Problem to work on: Repeat each entry below without omitting a single word.

════════════════════

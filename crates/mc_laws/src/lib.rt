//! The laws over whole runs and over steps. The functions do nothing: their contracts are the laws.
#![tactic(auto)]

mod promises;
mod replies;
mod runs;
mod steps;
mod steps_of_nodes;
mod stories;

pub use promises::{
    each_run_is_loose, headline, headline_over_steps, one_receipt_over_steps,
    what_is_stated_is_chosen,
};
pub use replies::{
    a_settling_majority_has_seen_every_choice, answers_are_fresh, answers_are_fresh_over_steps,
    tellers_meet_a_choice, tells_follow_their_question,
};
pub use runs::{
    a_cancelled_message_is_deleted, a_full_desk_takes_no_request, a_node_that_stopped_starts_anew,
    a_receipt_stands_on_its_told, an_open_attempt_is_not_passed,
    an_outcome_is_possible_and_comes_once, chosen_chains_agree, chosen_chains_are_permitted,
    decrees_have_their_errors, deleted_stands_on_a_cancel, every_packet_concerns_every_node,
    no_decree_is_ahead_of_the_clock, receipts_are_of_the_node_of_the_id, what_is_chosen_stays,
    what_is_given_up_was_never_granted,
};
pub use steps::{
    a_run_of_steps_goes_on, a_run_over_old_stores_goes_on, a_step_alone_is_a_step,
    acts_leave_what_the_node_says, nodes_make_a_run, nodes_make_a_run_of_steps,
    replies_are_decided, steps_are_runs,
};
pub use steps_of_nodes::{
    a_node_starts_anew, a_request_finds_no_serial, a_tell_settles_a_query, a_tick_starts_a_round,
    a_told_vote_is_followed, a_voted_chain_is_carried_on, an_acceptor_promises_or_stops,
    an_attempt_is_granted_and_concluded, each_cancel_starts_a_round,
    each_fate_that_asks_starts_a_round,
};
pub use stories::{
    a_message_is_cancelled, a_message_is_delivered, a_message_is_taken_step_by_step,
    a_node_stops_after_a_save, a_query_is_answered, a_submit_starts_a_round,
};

════════════════════

Answer space:
filename crates/mc_laws/src/lib.rt
//! The laws over whole runs and over steps. The functions do nothing: their contracts are the laws.
#![tactic(auto)]

mod promises;
mod replies;
mod runs;
mod steps;
mod steps_of_nodes;
mod stories;

pub use promises::{
    each_run_is_loose, headline, headline_over_steps, one_receipt_over_steps,
    what_is_stated_is_chosen,
};
pub use replies::{
    a_settling_majority_has_seen_every_choice, answers_are_fresh, answers_are_fresh_over_steps,
    tellers_meet_a_choice, tells_follow_their_question,
};
pub use runs::{
    a_cancelled_message_is_deleted, a_full_desk_takes_no_request, a_node_that_stopped_starts_anew,
    a_receipt_stands_on_its_told, an_open_attempt_is_not_passed,
    an_outcome_is_possible_and_comes_once, chosen_chains_agree, chosen_chains_are_permitted,
    decrees_have_their_errors, deleted_stands_on_a_cancel, every_packet_concerns_every_node,
    no_decree_is_ahead_of_the_clock, receipts_are_of_the_node_of_the_id, what_is_chosen_stays,
    what_is_given_up_was_never_granted,
};
pub use steps::{
    a_run_of_steps_goes_on, a_run_over_old_stores_goes_on, a_step_alone_is_a_step,
    acts_leave_what_the_node_says, nodes_make_a_run, nodes_make_a_run_of_steps,
    replies_are_decided, steps_are_runs,
};
pub use steps_of_nodes::{
    a_node_starts_anew, a_request_finds_no_serial, a_tell_settles_a_query, a_tick_starts_a_round,
    a_told_vote_is_followed, a_voted_chain_is_carried_on, an_acceptor_promises_or_stops,
    an_attempt_is_granted_and_concluded, each_cancel_starts_a_round,
    each_fate_that_asks_starts_a_round,
};
pub use stories::{
    a_message_is_cancelled, a_message_is_delivered, a_message_is_taken_step_by_step,
    a_node_stops_after_a_save, a_query_is_answered, a_submit_starts_a_round,
};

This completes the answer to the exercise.